Robert Rauber, University of Illinois at Urbana-Champaign

Usage Details

Xin-Zhong Liang, Donald J. Wuebbles, Robert Rauber, Ryan Mokos, David Bailey, James Edwards, John Truesdale, Adrianne Middleton, Jay Shollenberger, Chao Sun, David New, Zachary Zobel, Alice Bertini, Warren Strand Jr, Ilana Stern, Nan Rosenbloom, Susan Bates, Hao He, Katherine Thayer-Calder, Richard Small, Swarnali Sanyal, Chris Fischer

This project will use Blue Waters and cutting-edge modeling software in advancing the study of climate change and its potential impacts on our planet over this century. It is expected that results from our studies will be an integral part of the scientific analysis of climate change for the next major international climate assessment of the Intergovernmental Panel on Climate Change and the next U.S. National Climate Assessment. These assessments are an important input to the national and international policy development process. These analyses will be a significant contribution to the coordinated international special computational studies and model intercomparison to analyze past and projected future changes in the Earth's climate system. In addition, the results of these studies will be fully available to the scientific community for further analyses and resulting insights into the processes, mechanisms, and consequences of climate variability and climate change. On top of this, these studies will be a major input to studies of the potential impacts of climate change on human society across many different sectors (e.g., health, food, water, energy, transportation) and on ecosystems. No previous global modeling study has provided such high resolution information at the regional scales over the time periods needed to fully analyze these issues. The simulations and analyses are designed to use the Blue Waters petascale computing resources and could not be completed without a computational resource like Blue Waters.

This project has two purposes. The first is aimed at better quantifying future regional climate change by running a high-resolution (0.25° atmosphere, 1° ocean) global coupled climate model, namely an advanced version of the Community Earth System Model (CESM), in the framework of CMIP6 (Coupled Model Intercomparison Project, phase 6) to meet the needs for the next generation assessments of climate change. CMIP6 will be the next phase in the international coordination of special computational studies to analyze the past and projected future changes in the Earth's climate system.
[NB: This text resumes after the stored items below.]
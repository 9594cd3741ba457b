//! A lock table that goes by the rule as it is written: it replays its list of live operations at each call. It is
//! there to compare with.

use cam_base::NoMemory;
use cam_know::{Know, Outcome};
use cam_locks::LiveOp;
use cam_names::Name;
use cam_type::{Answer, Held, HeldOp, HeldOps, Objects, Op, State, apply, compatible, mode_of};
use std::alloc::Global;
use std::collections::HashSet;

/// What a table answers: what the operation answered, or who stands in the way.
#[derive(Clone, Copy, Debug, PartialEq, Eq)]
pub(super) enum Told {
    Done(Answer),
    Busy(Name),
    /// The operation is none of the table's.
    Unfit,
}

/// The live operations of a site in order, the commits that the site was informed of, and the next index.
#[derive(Drop)]
pub(super) struct PlainTable {
    live: Vec<LiveOp>,
    committed: HashSet<Name>,
    pub(super) next: u32,
}

impl PlainTable {
    pub(super) fn new(alloc: Global) -> PlainTable {
        PlainTable {
            live: Vec::new(alloc),
            committed: HashSet::new(alloc),
            next: 0,
        }
    }

    /// An operation waits for the first live one whose holder is neither an ancestor nor past the top, where their
    /// modes are not compatible. Else it is done at the value of the object.
    pub(super) fn ask(
        &mut self,
        objects: &Objects,
        name: &Name,
        object: u8,
        op: &Op,
    ) -> Result<Told, NoMemory> {
        if let Some(holder) = self.holder(name, object, op) {
            return Ok(Told::Busy(holder));
        }
        let Some(answer) = self.answer(objects, object, op)? else {
            return Ok(Told::Unfit);
        };
        self.live.push(LiveOp {
            index: self.next,
            action: *name,
            object,
            op: *op,
        })?;
        self.next = self.next.saturating_add(1);
        Ok(Told::Done(answer))
    }

    /// What an operation answers at the value of the object.
    fn answer(&self, objects: &Objects, object: u8, op: &Op) -> Result<Option<Answer>, NoMemory> {
        let Some(mut value) = self.value(objects, object, false)? else {
            return Ok(None);
        };
        Ok(Some(apply(&mut value, op)?))
    }

    pub(super) fn commit(&mut self, name: &Name) -> Result<(), NoMemory> {
        self.committed.insert(*name)?;
        Ok(())
    }

    pub(super) fn abort(&mut self, name: &Name) {
        self.live
            .retain(|operation| !name.is_ancestor(&operation.action));
    }

    /// The start state of an object after all its live operations, or after those alone that are handed up past the
    /// top.
    pub(super) fn value(
        &self,
        objects: &Objects,
        object: u8,
        is_settled: bool,
    ) -> Result<Option<State>, NoMemory> {
        let Some(declared) = objects.get(object as usize) else {
            return Ok(None);
        };
        let mut state = declared.start.copy()?;
        for operation in self.live.as_slice() {
            let counts = !is_settled || self.lift(&operation.action).is_none();
            if operation.object == object && counts {
                apply(&mut state, &operation.op)?;
            }
        }
        Ok(Some(state))
    }

    /// What is secured of a family.
    pub(super) fn secured(&self, family: &Name) -> Result<HeldOps, NoMemory> {
        let mut ops = HeldOps::new(*self.live.allocator());
        for operation in self.live.as_slice() {
            if operation.action.family() == *family {
                ops.push(HeldOp {
                    index: operation.index,
                    object: operation.object,
                    op: operation.op,
                })?;
            }
        }
        Ok(ops)
    }

    /// Goes on with what was held of these families: the operations of those whose abort is not known, in order, and
    /// what is known.
    pub(super) fn restart(&mut self, held: &[Held], know: &Know) -> Result<(), NoMemory> {
        let alloc = *self.live.allocator();
        *self = PlainTable::new(alloc);
        for family in held {
            self.take_over(family, know)?;
        }
        self.live.sort_unstable_by_key(|operation| operation.index);
        self.commit_all(know)
    }

    /// Takes in the commits that are known.
    fn commit_all(&mut self, know: &Know) -> Result<(), NoMemory> {
        for outcome in know.outcomes() {
            if let Outcome::Committed(name, _) = outcome {
                self.commit(name)?;
            }
        }
        Ok(())
    }

    fn take_over(&mut self, held: &Held, know: &Know) -> Result<(), NoMemory> {
        for op in held.ops.as_slice() {
            self.next = self.next.max(op.index.saturating_add(1));
            if !know.is_aborted(&held.family) {
                self.live.push(LiveOp {
                    index: op.index,
                    action: held.family,
                    object: op.object,
                    op: op.op,
                })?;
            }
        }
        Ok(())
    }

    /// The holder of the first operation that conflicts.
    fn holder(&self, name: &Name, object: u8, op: &Op) -> Option<Name> {
        for operation in self.live.as_slice() {
            if operation.object != object || compatible(mode_of(&operation.op), mode_of(op)) {
                continue;
            }
            match self.lift(&operation.action) {
                Some(holder) if !holder.is_ancestor(name) => return Some(holder),
                _ => {}
            }
        }
        None
    }

    /// Climbs to the parent while the present action is known committed. A name has at most 8 parts.
    fn lift(&self, name: &Name) -> Option<Name> {
        let mut lift = Some(*name);
        for _ in 0..8u8 {
            match lift {
                Some(present) if self.committed.contains(&present) => lift = present.parent(),
                _ => return lift,
            }
        }
        lift
    }
}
CESM, one of the world's best models of the Earth's climate system, has been developed by the National Center for Atmospheric Research (NCAR) in coordination with a community of scientists at universities and national laboratories. The second purpose will be specific studies that grow upon our existing NSF PRAC project to further clarify the understanding the effects of small-scale regional features and interactions across spatial scales in climate through even higher-resolution CESM modeling studies on Blue Waters that will push the state-of-the-art for such analyses. For this project, we have assembled a team from the University of Illinois and NCAR comprised of both highly recognized experts in global climate modeling and analysis and experts in computer science and information technology.